There hasn’t been a movie this purely gorgeous to look at since Baz Luhrmann’s Moulin Rouge! graced theater screens nearly three years ago.
Indeed, the specter of Luhrmann’s film hangs heavy over P.J. Hogan’s version of Peter Pan, and in more than just looks. Even Hogan’s depiction of Tinker Bell (Ludivine Sagnier, Swimming Pool) is remarkably similar to Kylie Minogue’s Green Fairy in Luhrmann’s film, while the entire production is hugely oversized, deliberately unreal and, yes, an unqualified delight. And while Hogan’s editing is less aggressive and he has a greater tendency to utilize colored lighting, the feel is, in fact, very similar.
Put aside all reservations that might be lurking in your head regarding Steven Spielberg’s Hook or, God forbid, the disaster that was Roberto Benigni’s Pinocchio.
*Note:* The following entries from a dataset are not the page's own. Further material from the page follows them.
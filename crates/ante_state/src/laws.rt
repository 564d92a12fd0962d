// What contracts rest on, each as a function with an empty body: its contract is all that it is for.
ghost use Rattle.std.specs.Prelude.{◌≡◌};
ghost use Rattle.std.specs.Cmp.{IsTotalOrder};
ghost use Rattle.ante_state.specs.Orders.{name_order, table_order, row_order, index_order};
ghost use Rattle.ante_state.specs.Orders.{level_order, link_order, recent_order};

use crate::objects::{LinkKey, RecentKey};
use crate::tables::{IndexKey, RowKey};
use ante_pack::{Level, Name, TableKey};

/// Names are ordered as their numbers are.
pub fn names_are_ordered()
    ensures { ⟦<Name as Ord>⟧.cmp ≡ name_order }
{}

/// Tables are ordered by contract, then by scope, then by name.
pub fn tables_are_ordered()
    ensures { ⟦<TableKey as Ord>⟧.cmp ≡ table_order }
{}

/// Rows are ordered by table, and then by primary key.
pub fn rows_are_ordered()
    ensures { ⟦<RowKey as Ord>⟧.cmp ≡ row_order }
{}

/// Rows of a secondary index are ordered by table, then by secondary key, then by primary key.
pub fn index_is_ordered<K: Ord>()
    ensures { ⟦<IndexKey<K> as Ord>⟧.cmp ≡ index_order K.cmp }
{}

/// Permissions are ordered by account, and then by name.
pub fn levels_are_ordered()
    ensures { ⟦<Level as Ord>⟧.cmp ≡ level_order }
{}

/// Links are ordered by account, then by contract, then by action.
pub fn links_are_ordered()
    ensures { ⟦<LinkKey as Ord>⟧.cmp ≡ link_order }
{}

/// Transactions that were run are ordered by the moment of expiration, and then by id.
pub fn recent_are_ordered()
    ensures { ⟦<RecentKey as Ord>⟧.cmp ≡ recent_order }
{}

/// Every order that keys have is total.
pub fn total_order<K: Ord>()
    ensures { IsTotalOrder K.cmp }
{}
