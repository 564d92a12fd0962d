use ante_pack::{Bytes, Name, TableKey};

/// Where a primary row stands: its table first, and then its primary key.
#[derive(Clone, Copy, Debug, PartialEq, Eq, PartialOrd, Ord)]
pub struct RowKey {
    pub table: TableKey,
    pub primary: u64,
}

/// Where a row of a secondary index stands: its table first, then its secondary key, and then its primary key.
#[derive(Clone, Copy, Debug, PartialEq, Eq, PartialOrd, Ord)]
pub struct IndexKey<K> {
    pub table: TableKey,
    pub key: K,
    pub primary: u64,
}

/// A table object: who pays for it, and how many rows of all kinds the table has.
#[derive(Clone, Copy, Debug, PartialEq, Eq)]
pub struct TableRow {
    pub payer: Name,
    pub count: u32,
}

/// A primary row: who pays for it, and its bytes.
#[derive(Debug, Drop)]
pub struct PrimaryRow {
    pub payer: Name,
    pub bytes: Bytes,
}
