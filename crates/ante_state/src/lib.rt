//! What the chain's state is made of: tables and their rows, accounts and permissions, and the keys in several parts that
//! they stand under.
#![tactic(auto)]

pub mod billing;
mod laws;
mod objects;
mod tables;

pub use laws::{
    index_is_ordered, levels_are_ordered, links_are_ordered, names_are_ordered, recent_are_ordered,
    rows_are_ordered, tables_are_ordered, total_order,
};
pub use objects::{AccountRow, LinkKey, PermissionRow, RecentKey};
pub use tables::{IndexKey, PrimaryRow, RowKey, TableRow};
Hogan’s film bears no relation to those inglorious attempts at putting childhood classics on the big screen. The new Peter Pan is, quite simply, one brilliant film — the kind where you think: Yes, this is what movies should be like!
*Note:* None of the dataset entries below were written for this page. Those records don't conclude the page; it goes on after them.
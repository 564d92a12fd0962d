//! What the entries of the state are billed, in bytes, and the most that is let in. `specs/Billing.antt` names the same numbers,
//! and each function that takes one of these says so by the name there.

/// An account, beside its code and its ABI.
pub const ACCOUNT_SIZE: u128 = 2_720;

/// Each byte of an account's code is billed so many times.
pub const CODE_FACTOR: u128 = 10;

/// A permission, beside its packed authority.
pub const PERMISSION_SIZE: u128 = 320;

/// A link.
pub const LINK_SIZE: u128 = 160;

/// A table object.
pub const TABLE_SIZE: u128 = 112;

/// A primary row, beside its bytes.
pub const ROW_SIZE: u128 = 112;

/// A row of a secondary index of 64 bits.
pub const INDEX64_SIZE: u128 = 128;

/// A row of a secondary index of 128 bits.
pub const INDEX128_SIZE: u128 = 136;

/// A row of a secondary index of 256 bits.
pub const INDEX256_SIZE: u128 = 152;

/// The most bytes that all accounts may use together.
pub const MOST_USAGE: u64 = 4_611_686_018_427_387_904;

/// The most rows of a table.
pub const MOST_ROWS: u32 = 4_294_967_295;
There seems to me little point in recounting the history of Peter Pan; yet after reading one Internet critic who launched into Hogan’s film for failing to include the songs from the Mary Martin “original” — which that pundit seems to think was written for Martin by J.M. Barrie himself — some history may, in fact, be in order.
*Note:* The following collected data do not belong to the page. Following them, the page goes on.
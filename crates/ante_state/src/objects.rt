use ante_pack::{Authority, Bytes, Digest, Name};

/// An account: who pays for it, whether it may call privileged intrinsics, its WebAssembly code, and the description of
/// its tables and actions. No code and no description are no bytes.
#[derive(Debug, Drop)]
pub struct AccountRow {
    pub payer: Name,
    pub privileged: bool,
    pub code: Bytes,
    pub abi: Bytes,
}

/// A permission: the permission above it, the empty name for the topmost, and what satisfies it.
#[derive(Debug, Drop)]
pub struct PermissionRow {
    pub parent: Name,
    pub authority: Authority,
}

/// Where a link stands: the account whose link it is, and the contract and action that it is for. The empty action stands
/// for all actions of the contract.
#[derive(Clone, Copy, Debug, PartialEq, Eq, PartialOrd, Ord)]
pub struct LinkKey {
    pub account: Name,
    pub code: Name,
    pub action: Name,
}

/// A transaction that was run: when it expires, in seconds since 1970, and its id.
#[derive(Clone, Copy, Debug, PartialEq, Eq, PartialOrd, Ord)]
pub struct RecentKey {
    pub expiration: u32,
    pub id: Digest,
}
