/// An item of a `case` and the items after it.
fn case_items(
    has_parenthesis: bool,
    pattern: Word,
    others: Backward<Word>,
    behind: ItemBody,
) -> Result<Backward<CaseItem>, AllocError>
    ensures { IfOk result (λ items.
        items ≡ case_item has_parenthesis pattern others behind ∷ behind.end.items) }
{
    let ItemBody { body, end } = behind;
    let ItemEnd { end, items } = end;
    let items = items.with_first(CaseItem {
        has_parenthesis,
        pattern,
        more_patterns: others.into_sequence(),
        body,
        end,
    })?;
    Ok(items)
}

fn case_item(
    alloc: Global,
    has_parenthesis: bool,
    pattern: Value,
    others: Value,
    behind: Value,
) -> Made
    ensures { IfOk result (λ v.
        v ≡ made_three (Ternary.CaseItem has_parenthesis) pattern others behind) }
{
    let patterns = pattern.into_word().zip(others.into_patterns(alloc));
    let Some(((pattern, others), behind)) = patterns.zip(behind.into_item_body()) else {
        return Ok(None);
    };
    let items = case_items(has_parenthesis, pattern, others, behind)?;
    Ok(Some(Value::CaseItems(items)))
}

fn item_list(alloc: Global, first: Value, tail: Value, end: Value) -> Made
    ensures { IfOk result (λ v. v ≡ made_three Ternary.ItemList first tail end) }
{
    let lists = first.into_and_or().zip(tail.into_tail(alloc));
    let Some(((list, tail), end)) = lists.zip(end.into_item_end(alloc)) else {
        return Ok(None);
    };
    let body = compound_list_from(alloc, list, tail)?;
    Ok(Some(Value::ItemBody(ItemBody { body, end })))
}

/// What a production makes of three values.
fn make_three(alloc: Global, kind: Ternary, a: Value, b: Value, c: Value) -> Made
    ensures { IfOk result (λ v. v ≡ made_three kind a b c) }
{
    match kind {
        Ternary::Redirect => Ok(numbered_redirect(a, b, c)),
        Ternary::If => Ok(conditional(alloc, a, b, c)),
        Ternary::ElseIf => else_if(alloc, a, b, c),
        Ternary::Loop => Ok(while_loop(a, b, c)),
        Ternary::CaseItem { has_parenthesis } => case_item(alloc, has_parenthesis, a, b, c),
        Ternary::ItemList => item_list(alloc, a, b, c),
    }
}

/// What a production makes of no value.
fn nothing(children: Children) -> Made
    ensures { IfOk result (λ v. v ≡ Some Value.Nothing) }
{
    Ok(children.discard().or(Some(Value::Nothing)))
}

fn of_one(alloc: Global, kind: Unary, children: Children) -> Made
    ensures { IfOk result (λ v. v ≡ made_of_one kind (children_values children)) }
{
    match children {
        Children::One(a) => make_one(alloc, kind, a),
        other => Ok(other.discard()),
    }
}

fn of_two(alloc: Global, kind: Binary, children: Children) -> Made
    ensures { IfOk result (λ v. v ≡ made_of_two kind (children_values children)) }
{
    match children {
        Children::Two(a, b) => make_two(alloc, kind, a, b),
        other => Ok(other.discard()),
    }
}

fn of_three(alloc: Global, kind: Ternary, children: Children) -> Made
    ensures { IfOk result (λ v. v ≡ made_of_three kind (children_values children)) }
{
    match children {
        Children::Three(a, b, c) => make_three(alloc, kind, a, b, c),
        other => Ok(other.discard()),
    }
}

/// What a production of a kind makes of the values of the symbols that matter. `None` where there are more or
/// fewer values than the kind asks for, or where a value lacks the part that is taken from it. The only error
/// is want of memory.
pub fn make(alloc: Global, kind: Kind, children: Children) -> Result<Option<Value>, AllocError>
    ensures { IfOk result (λ value. value ≡ production_value kind (children_values children)) }
{
    match kind {
        Kind::Nothing => nothing(children),
        Kind::One(kind) => of_one(alloc, kind, children),
        Kind::Two(kind) => of_two(alloc, kind, children),
        Kind::Three(kind) => of_three(alloc, kind, children),
    }
}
The character of Peter Pan — the “boy who never grew up” — was first mentioned in Barrie’s 1902 novel The Little White Bird, in which Peter is referred to by the main character during a walk he’s taking with a young boy in Kensington Gardens. Barrie’s play of Peter Pan debuted in 1904, but didn’t appear as the book Peter and Wendy until 1911. The genesis of the story — and its underlying meanings — can be traced back to tales Barrie told to the five sons of his friend Sylvia Llewelyn Davies. His attachment to her children was so strong that, upon Davies’ death, Barrie became the boys’ guardian (with somewhat questionable results — especially since two of them eventually committed suicide).
And while this may seem very much by the way, it helps explain much of the work’s subtext, and its ultimately rather tragic tone (as do such other peculiarities as Barrie’s heroine bearing the author’s own nickname, Wendy, and the fact that Barrie himself was unusually short, and thus could literally be said never to have grown-up). In the story’s various stage-and-screen incarnations, that subtext and tone have tended to be relegated to the background.
The darkness and sexuality evident in Hogan’s film, however, represents perhaps the first attempt — outside of biographical studies of Barrie, and literary criticism on his work — to integrate and examine those themes within the confines of the story itself. As a result, Hogan has made a film that is apt to slightly bother people who would prefer to keep their Peter Pan a wholly “safe” children’s entertainment — which it really never was. The movies merely chose to sidestep the darker aspects.
Moments in Hogan’s film — such as Tinker Bell’s jealousy-inspired duplicity in tricking the Lost Boys into shooting Wendy, the deaths of fairies when people don’t believe in them, and even some of the off-hand violence — don’t originate with the director, but with J.M. Barrie himself. That the Mary Martin musical and the Disney cartoon tended to soften them is another matter. Other elements merely accentuate Barrie’s own ideas — the sensuality of Peter, for instance, and Hook’s love-hate relationship with him.
Oddly, the most notable additions are the wonderful character of Aunt Millicent (the always marvelous Lynn Redgrave); a touching, last-moment adoption of a Lost Boy who is straight out of an early talkie Our Gang short, Small Talk; and plot devices lifted from the film of Mary Poppins. In other words, the additions are the “safest” things in the movie!
That said, Hogan’s film, while ultimately sad — what else can a tale of a boy who can’t grow up while the world and his friends change around him be? — is nothing if not deliciously magical. It skillfully takes the best from all versions of the story and enhances them. The sequence where Tinker Bell is brought back to life is a wonderful variant on the standard idea of “if you believe in fairies, clap your hands,” while images of Peter and the children on clouds while Hook’s cannonballs rip through their fluffy perch may originate with Disney, but look even more fantastic here.
All of the performances are excellent, especially Jeremy Sumpter and Rachel Hurd-Wood as Peter and Wendy, and Jason Isaacs in the traditional dual role of Captain Hook and Mr. Darling.
This is the perfect film to end a Christmas season that begin so splendidly with Love Actually. The only sad thing is that Peter Pan is doing only fair business at the box-office, while such execrable fare as Cheaper by the Dozen is selling out. Go out and correct that.
You’ll be sorry if you hold out for this one on DVD. It really deserves the big screen.